Exercise inputs

┄┄┄┄┄┄

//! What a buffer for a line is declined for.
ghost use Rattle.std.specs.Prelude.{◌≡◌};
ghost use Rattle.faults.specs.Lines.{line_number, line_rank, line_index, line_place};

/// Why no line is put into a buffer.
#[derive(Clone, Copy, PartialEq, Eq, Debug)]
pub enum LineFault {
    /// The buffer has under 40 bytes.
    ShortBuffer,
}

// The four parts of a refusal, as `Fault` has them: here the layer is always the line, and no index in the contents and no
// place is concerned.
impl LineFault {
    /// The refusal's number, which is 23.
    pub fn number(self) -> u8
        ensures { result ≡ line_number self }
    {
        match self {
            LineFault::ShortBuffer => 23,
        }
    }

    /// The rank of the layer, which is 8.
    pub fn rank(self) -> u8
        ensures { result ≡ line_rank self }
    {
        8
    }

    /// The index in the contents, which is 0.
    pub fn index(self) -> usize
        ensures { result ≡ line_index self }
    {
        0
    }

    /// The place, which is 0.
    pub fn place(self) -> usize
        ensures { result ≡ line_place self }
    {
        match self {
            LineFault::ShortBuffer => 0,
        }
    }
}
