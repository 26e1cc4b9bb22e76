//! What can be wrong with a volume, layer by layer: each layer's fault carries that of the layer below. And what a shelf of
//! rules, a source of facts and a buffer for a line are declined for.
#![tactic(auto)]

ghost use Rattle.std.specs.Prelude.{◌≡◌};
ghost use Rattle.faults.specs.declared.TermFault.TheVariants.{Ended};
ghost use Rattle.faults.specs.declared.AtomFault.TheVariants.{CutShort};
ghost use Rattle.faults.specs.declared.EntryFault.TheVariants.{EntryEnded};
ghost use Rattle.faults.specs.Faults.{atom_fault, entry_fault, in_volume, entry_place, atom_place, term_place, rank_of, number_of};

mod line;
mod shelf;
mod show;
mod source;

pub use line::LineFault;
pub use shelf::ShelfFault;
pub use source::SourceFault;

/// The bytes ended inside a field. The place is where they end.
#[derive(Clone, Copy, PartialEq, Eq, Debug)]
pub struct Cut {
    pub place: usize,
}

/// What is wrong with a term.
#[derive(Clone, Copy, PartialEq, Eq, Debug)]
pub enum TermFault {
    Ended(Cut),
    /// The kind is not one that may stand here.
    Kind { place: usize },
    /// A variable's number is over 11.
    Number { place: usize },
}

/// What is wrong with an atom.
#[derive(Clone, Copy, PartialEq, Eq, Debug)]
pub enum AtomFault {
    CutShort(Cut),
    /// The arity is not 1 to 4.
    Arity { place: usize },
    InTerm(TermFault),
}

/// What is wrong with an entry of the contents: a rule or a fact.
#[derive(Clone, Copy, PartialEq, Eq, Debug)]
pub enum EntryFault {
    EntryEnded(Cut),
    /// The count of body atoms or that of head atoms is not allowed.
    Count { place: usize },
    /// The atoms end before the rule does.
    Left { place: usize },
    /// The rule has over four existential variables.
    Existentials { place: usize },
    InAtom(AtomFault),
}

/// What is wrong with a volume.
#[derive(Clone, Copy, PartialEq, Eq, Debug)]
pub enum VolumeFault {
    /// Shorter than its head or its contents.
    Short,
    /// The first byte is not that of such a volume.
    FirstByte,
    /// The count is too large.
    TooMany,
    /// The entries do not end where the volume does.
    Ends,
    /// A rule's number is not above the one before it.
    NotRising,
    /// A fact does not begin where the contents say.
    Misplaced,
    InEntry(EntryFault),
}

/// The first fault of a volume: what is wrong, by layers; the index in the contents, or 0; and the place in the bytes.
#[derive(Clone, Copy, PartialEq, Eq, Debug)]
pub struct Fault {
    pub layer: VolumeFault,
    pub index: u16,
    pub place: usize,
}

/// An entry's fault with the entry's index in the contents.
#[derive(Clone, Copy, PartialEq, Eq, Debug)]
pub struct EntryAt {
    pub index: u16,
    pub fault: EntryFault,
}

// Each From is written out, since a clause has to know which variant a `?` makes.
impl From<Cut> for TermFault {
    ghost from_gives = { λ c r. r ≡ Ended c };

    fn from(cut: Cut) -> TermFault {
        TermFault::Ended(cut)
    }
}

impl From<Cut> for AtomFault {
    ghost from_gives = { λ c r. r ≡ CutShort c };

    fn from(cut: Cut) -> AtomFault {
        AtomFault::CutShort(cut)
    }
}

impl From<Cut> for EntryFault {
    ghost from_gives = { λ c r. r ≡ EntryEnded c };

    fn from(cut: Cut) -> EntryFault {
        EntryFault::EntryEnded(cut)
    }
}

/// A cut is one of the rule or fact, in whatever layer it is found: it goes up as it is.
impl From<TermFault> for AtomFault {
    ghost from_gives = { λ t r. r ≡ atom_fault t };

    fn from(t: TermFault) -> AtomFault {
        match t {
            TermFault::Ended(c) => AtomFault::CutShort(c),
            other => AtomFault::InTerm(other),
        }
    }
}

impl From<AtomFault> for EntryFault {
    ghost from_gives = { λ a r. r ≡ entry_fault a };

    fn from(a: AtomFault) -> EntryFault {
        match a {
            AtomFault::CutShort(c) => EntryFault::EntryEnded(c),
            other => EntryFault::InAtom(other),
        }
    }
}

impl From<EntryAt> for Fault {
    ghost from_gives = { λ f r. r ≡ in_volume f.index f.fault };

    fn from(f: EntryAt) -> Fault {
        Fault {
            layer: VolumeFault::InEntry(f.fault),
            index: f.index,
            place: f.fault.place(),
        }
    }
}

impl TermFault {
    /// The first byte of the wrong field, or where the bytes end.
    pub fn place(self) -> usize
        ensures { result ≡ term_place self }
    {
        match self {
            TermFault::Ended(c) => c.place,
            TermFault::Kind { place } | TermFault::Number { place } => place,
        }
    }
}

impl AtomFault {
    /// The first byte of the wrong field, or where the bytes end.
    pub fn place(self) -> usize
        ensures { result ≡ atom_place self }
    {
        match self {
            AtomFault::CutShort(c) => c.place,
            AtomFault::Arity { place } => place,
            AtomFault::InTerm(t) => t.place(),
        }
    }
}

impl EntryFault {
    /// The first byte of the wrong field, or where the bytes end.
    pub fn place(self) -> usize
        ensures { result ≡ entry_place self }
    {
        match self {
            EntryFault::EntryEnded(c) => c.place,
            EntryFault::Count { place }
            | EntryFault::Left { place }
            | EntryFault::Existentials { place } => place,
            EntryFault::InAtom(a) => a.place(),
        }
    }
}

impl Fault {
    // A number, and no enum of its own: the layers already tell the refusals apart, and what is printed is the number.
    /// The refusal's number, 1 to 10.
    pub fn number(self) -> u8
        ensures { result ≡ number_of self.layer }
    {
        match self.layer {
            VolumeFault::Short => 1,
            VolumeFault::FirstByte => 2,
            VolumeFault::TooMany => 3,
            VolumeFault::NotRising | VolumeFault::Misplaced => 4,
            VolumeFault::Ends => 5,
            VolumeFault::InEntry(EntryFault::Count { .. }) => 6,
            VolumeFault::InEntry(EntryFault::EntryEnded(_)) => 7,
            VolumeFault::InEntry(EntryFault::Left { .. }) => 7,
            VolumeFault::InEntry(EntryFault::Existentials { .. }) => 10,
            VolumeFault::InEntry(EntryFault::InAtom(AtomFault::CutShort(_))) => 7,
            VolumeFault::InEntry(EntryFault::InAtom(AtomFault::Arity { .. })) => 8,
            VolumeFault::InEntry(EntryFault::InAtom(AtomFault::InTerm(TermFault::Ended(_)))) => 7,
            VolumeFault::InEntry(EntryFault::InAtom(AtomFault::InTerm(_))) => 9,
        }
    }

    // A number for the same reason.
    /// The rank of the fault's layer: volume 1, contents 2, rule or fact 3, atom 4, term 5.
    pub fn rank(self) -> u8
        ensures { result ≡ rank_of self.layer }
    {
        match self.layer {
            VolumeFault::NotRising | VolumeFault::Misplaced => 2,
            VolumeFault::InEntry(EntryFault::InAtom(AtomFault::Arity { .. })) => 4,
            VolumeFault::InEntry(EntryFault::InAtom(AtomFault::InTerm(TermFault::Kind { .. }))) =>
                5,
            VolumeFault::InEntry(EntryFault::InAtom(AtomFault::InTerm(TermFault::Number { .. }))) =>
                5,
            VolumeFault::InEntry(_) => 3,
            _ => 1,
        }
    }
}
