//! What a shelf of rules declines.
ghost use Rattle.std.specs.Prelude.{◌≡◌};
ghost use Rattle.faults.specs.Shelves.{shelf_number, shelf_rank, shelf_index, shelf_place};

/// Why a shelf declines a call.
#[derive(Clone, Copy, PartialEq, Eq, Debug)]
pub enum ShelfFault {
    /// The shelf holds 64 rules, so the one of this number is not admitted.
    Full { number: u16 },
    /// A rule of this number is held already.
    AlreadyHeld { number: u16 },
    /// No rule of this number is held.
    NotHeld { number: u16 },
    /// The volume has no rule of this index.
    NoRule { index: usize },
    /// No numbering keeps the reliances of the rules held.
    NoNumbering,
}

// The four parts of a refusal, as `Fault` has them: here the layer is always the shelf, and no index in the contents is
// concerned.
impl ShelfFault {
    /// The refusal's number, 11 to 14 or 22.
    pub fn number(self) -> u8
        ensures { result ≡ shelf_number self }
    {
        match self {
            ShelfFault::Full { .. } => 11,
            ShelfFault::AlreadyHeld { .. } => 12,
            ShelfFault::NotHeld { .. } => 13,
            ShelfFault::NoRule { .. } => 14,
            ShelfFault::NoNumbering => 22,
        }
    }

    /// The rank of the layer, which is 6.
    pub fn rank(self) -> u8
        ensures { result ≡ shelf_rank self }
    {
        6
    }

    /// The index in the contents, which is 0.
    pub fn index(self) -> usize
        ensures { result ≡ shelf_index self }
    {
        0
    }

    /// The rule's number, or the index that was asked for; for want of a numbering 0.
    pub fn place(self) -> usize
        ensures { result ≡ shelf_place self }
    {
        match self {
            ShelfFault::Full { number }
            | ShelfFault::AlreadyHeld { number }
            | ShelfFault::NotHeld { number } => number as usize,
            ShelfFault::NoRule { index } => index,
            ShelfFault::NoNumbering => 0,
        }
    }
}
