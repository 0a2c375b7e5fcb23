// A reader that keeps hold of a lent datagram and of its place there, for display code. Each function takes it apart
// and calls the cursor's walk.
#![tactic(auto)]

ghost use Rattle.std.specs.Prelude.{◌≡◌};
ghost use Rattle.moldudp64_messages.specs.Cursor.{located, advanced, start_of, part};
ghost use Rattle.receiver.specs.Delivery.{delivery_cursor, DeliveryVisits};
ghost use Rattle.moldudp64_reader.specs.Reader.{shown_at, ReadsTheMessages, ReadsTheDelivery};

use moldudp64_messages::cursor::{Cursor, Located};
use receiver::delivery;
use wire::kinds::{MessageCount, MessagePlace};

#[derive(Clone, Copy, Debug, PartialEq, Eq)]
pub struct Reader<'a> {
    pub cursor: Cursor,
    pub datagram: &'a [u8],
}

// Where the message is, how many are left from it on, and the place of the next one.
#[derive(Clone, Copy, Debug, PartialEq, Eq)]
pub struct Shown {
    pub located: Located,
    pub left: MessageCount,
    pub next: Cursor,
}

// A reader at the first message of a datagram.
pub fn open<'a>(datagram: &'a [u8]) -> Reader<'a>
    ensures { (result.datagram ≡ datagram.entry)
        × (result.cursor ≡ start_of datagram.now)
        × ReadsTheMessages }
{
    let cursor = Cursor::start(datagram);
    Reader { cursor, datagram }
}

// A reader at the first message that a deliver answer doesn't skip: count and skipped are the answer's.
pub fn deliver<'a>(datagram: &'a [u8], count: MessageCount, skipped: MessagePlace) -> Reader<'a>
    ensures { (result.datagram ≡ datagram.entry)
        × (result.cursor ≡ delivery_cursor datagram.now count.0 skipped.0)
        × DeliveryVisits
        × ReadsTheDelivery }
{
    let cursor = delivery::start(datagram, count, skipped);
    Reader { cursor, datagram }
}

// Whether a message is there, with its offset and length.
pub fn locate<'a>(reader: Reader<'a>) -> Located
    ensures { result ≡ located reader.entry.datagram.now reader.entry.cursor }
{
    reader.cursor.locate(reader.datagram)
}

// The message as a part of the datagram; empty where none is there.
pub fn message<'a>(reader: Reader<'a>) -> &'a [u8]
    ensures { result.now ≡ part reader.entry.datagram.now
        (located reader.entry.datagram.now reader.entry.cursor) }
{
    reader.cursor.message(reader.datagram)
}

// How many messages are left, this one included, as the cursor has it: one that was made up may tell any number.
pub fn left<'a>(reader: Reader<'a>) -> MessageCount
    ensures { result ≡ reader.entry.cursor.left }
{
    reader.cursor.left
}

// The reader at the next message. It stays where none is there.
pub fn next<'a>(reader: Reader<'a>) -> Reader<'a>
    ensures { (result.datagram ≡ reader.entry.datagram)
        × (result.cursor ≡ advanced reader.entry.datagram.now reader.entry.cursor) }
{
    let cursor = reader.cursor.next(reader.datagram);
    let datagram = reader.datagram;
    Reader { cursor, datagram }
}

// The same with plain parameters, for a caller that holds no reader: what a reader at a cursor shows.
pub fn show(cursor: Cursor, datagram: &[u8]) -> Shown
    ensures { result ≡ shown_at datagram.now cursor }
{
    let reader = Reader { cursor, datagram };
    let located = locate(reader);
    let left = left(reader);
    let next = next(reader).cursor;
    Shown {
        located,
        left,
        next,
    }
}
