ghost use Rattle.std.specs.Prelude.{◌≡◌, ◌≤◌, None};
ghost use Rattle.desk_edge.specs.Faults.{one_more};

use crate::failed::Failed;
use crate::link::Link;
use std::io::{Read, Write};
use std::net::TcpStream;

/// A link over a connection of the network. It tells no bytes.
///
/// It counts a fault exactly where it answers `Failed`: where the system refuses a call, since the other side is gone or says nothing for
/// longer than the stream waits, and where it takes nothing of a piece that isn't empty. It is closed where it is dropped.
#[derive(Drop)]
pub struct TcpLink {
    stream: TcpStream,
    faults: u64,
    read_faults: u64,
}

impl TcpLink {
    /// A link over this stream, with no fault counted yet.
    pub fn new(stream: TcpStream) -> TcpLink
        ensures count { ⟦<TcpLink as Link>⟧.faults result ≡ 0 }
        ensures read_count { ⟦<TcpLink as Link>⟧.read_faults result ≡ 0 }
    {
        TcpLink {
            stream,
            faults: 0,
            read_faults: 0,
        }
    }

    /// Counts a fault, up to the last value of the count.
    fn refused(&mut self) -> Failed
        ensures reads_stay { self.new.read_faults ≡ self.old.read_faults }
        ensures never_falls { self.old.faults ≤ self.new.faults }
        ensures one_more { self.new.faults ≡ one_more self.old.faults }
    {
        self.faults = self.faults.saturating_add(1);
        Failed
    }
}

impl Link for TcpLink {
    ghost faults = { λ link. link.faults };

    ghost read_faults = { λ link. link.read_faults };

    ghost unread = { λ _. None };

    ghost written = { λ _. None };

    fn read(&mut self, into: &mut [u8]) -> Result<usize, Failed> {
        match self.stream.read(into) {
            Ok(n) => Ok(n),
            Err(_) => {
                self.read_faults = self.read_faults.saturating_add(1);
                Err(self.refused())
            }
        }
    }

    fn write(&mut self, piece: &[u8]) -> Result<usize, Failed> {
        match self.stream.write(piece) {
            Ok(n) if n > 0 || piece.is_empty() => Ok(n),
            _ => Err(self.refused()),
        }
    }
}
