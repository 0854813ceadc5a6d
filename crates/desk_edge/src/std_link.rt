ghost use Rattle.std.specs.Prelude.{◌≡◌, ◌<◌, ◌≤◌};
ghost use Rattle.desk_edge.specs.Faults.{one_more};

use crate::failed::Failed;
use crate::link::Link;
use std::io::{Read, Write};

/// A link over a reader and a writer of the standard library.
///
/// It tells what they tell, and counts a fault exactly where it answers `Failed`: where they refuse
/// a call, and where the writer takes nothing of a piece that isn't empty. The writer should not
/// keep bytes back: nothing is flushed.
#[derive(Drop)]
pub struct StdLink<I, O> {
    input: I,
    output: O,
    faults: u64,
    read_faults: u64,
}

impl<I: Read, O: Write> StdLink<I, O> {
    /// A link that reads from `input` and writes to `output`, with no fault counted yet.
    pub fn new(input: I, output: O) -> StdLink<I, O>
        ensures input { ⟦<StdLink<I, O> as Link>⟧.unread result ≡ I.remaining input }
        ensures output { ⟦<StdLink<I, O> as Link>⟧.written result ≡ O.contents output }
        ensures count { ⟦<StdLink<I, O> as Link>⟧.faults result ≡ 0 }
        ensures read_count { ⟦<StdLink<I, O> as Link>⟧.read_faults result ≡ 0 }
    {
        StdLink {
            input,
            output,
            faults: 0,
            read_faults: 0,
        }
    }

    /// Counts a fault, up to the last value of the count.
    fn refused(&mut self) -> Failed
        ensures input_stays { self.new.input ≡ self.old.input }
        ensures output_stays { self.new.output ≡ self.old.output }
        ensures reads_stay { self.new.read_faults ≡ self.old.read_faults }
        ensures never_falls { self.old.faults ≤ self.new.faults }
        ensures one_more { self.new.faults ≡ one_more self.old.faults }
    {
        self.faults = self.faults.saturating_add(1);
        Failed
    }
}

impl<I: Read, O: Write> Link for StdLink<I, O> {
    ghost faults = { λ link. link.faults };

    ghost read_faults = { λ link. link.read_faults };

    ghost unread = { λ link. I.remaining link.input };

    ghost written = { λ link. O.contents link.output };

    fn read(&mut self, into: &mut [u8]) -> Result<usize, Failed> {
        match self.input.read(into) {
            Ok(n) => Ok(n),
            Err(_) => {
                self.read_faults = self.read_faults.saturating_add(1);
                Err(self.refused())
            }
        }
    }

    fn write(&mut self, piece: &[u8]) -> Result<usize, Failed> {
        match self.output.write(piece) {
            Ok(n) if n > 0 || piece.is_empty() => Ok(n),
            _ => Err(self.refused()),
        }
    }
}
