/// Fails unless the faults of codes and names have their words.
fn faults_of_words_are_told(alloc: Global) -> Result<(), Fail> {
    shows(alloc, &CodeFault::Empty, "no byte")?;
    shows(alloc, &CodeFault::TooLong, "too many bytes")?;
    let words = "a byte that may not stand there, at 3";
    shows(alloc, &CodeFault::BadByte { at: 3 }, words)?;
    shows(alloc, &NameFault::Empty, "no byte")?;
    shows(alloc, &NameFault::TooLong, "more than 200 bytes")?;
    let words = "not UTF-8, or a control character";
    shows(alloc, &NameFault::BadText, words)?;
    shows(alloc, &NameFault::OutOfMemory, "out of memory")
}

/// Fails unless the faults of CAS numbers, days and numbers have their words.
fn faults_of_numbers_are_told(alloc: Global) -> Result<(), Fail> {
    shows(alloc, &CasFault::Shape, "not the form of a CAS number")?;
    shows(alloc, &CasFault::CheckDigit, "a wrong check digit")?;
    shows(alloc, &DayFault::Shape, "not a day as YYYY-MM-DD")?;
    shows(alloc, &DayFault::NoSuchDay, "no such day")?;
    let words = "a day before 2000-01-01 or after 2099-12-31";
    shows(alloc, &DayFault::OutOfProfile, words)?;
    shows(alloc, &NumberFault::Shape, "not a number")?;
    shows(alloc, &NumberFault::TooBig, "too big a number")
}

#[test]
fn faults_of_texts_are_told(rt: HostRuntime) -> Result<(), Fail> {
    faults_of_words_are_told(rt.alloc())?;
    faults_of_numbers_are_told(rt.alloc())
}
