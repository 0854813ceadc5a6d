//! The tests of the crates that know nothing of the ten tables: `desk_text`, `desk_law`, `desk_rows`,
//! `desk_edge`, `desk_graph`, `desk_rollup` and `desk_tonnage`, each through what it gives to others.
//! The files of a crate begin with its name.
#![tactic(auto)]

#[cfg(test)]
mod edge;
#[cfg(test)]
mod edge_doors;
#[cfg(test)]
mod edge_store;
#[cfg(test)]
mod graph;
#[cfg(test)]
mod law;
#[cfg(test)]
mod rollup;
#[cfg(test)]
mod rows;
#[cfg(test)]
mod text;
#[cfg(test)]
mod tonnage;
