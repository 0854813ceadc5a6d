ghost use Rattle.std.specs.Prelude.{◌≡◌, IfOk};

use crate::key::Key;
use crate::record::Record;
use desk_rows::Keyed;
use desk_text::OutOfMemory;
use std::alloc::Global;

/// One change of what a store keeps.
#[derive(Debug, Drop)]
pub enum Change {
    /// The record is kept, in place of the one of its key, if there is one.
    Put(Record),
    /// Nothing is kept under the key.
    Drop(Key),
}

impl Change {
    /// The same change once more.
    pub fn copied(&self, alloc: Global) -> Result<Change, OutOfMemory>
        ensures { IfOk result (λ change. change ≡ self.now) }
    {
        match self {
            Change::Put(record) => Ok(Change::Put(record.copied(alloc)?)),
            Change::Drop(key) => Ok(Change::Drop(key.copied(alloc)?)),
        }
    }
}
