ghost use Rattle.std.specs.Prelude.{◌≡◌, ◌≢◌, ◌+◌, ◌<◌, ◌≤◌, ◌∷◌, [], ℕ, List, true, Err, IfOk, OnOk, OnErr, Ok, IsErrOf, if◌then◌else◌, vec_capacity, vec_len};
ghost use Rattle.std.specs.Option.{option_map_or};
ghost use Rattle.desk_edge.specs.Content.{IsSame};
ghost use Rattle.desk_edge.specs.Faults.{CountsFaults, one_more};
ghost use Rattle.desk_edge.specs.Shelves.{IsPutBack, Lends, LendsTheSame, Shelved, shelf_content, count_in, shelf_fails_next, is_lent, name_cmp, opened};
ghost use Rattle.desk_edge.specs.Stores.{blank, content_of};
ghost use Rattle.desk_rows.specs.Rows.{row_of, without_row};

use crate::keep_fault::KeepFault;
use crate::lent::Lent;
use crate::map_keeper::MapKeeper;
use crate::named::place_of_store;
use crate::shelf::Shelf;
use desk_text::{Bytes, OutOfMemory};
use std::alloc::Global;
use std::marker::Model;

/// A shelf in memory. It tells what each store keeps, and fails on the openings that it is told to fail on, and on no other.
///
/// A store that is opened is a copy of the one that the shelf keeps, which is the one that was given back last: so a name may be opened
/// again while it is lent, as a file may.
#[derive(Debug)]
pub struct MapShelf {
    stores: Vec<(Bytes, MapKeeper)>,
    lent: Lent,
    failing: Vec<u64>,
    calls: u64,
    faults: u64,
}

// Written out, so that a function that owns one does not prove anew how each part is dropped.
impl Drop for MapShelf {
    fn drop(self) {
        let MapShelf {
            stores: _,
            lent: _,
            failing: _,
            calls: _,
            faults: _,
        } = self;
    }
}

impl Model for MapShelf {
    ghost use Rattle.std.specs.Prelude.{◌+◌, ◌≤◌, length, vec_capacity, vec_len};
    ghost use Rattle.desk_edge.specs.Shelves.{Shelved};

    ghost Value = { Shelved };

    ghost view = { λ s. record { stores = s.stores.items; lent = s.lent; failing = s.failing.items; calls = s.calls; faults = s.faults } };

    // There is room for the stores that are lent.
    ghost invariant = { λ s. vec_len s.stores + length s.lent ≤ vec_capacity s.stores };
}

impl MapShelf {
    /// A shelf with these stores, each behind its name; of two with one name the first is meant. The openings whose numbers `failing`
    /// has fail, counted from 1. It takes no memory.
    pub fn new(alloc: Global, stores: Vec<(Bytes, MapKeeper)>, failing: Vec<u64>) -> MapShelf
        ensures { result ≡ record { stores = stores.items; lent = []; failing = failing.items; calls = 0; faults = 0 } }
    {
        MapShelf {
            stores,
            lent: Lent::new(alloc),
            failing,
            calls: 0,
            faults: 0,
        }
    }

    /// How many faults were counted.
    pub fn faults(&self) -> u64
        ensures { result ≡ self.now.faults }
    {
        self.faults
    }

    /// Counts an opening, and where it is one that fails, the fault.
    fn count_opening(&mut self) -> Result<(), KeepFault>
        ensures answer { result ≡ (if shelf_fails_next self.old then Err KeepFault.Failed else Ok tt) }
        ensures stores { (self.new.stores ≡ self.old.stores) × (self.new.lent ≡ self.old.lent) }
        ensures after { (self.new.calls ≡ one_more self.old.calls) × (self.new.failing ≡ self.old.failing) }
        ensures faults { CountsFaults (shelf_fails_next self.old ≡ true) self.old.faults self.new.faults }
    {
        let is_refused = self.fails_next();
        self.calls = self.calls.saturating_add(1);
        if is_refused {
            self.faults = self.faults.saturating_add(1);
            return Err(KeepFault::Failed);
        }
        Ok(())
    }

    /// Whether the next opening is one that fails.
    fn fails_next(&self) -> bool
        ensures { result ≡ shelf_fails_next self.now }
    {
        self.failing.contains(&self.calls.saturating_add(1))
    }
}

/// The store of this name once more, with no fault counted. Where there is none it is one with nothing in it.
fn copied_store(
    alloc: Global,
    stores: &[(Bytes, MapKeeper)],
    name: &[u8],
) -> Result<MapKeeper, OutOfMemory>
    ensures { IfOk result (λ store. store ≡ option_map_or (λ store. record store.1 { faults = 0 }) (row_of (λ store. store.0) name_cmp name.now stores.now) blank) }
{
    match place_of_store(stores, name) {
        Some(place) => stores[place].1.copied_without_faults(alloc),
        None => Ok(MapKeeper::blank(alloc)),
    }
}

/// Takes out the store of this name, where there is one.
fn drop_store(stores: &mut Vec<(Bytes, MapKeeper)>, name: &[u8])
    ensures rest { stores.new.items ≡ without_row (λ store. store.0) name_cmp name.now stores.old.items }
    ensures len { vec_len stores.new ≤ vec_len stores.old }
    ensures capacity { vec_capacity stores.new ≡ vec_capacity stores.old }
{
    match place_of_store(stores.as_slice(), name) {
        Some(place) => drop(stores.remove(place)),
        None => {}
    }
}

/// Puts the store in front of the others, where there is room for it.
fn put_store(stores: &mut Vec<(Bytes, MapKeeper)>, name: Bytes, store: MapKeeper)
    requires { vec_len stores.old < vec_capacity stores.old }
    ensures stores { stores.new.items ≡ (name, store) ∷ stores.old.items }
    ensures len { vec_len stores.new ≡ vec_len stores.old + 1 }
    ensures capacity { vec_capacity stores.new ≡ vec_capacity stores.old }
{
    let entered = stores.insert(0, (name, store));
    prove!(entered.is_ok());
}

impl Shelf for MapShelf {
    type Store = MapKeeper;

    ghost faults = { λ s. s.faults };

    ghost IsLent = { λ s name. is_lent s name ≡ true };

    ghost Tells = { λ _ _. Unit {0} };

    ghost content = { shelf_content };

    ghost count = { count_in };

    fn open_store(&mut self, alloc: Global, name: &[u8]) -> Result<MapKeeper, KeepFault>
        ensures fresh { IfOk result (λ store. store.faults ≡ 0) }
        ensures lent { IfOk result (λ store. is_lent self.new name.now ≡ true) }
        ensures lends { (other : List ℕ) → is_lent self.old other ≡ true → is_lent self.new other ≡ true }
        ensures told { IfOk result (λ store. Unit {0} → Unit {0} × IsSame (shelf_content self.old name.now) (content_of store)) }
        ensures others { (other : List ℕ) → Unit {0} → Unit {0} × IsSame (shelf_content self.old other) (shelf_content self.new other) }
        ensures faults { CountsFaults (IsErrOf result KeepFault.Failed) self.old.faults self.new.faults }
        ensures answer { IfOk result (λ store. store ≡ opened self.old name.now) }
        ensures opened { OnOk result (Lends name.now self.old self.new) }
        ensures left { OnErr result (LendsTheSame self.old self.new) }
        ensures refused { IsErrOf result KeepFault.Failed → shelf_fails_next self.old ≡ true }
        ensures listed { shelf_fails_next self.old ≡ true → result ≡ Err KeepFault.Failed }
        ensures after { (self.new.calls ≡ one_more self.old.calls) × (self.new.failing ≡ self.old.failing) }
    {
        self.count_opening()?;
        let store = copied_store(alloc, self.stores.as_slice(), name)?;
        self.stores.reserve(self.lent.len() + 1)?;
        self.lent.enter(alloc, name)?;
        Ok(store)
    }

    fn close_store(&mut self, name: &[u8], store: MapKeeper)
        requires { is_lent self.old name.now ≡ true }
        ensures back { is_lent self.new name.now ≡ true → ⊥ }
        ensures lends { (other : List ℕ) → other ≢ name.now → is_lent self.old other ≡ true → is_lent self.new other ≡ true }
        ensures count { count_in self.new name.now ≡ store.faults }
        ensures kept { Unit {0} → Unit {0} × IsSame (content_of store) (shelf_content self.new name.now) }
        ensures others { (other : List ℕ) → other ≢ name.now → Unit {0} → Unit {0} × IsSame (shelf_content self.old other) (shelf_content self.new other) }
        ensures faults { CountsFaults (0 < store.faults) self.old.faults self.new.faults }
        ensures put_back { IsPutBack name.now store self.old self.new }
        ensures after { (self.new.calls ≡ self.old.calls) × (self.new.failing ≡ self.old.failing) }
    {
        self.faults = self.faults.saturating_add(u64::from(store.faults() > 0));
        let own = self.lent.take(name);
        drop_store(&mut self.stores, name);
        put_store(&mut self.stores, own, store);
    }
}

┄┄┄┄┄┄

Aim of the task
How many lines of the material hold the string "OnErr"? Answer with the number only.

Task result
2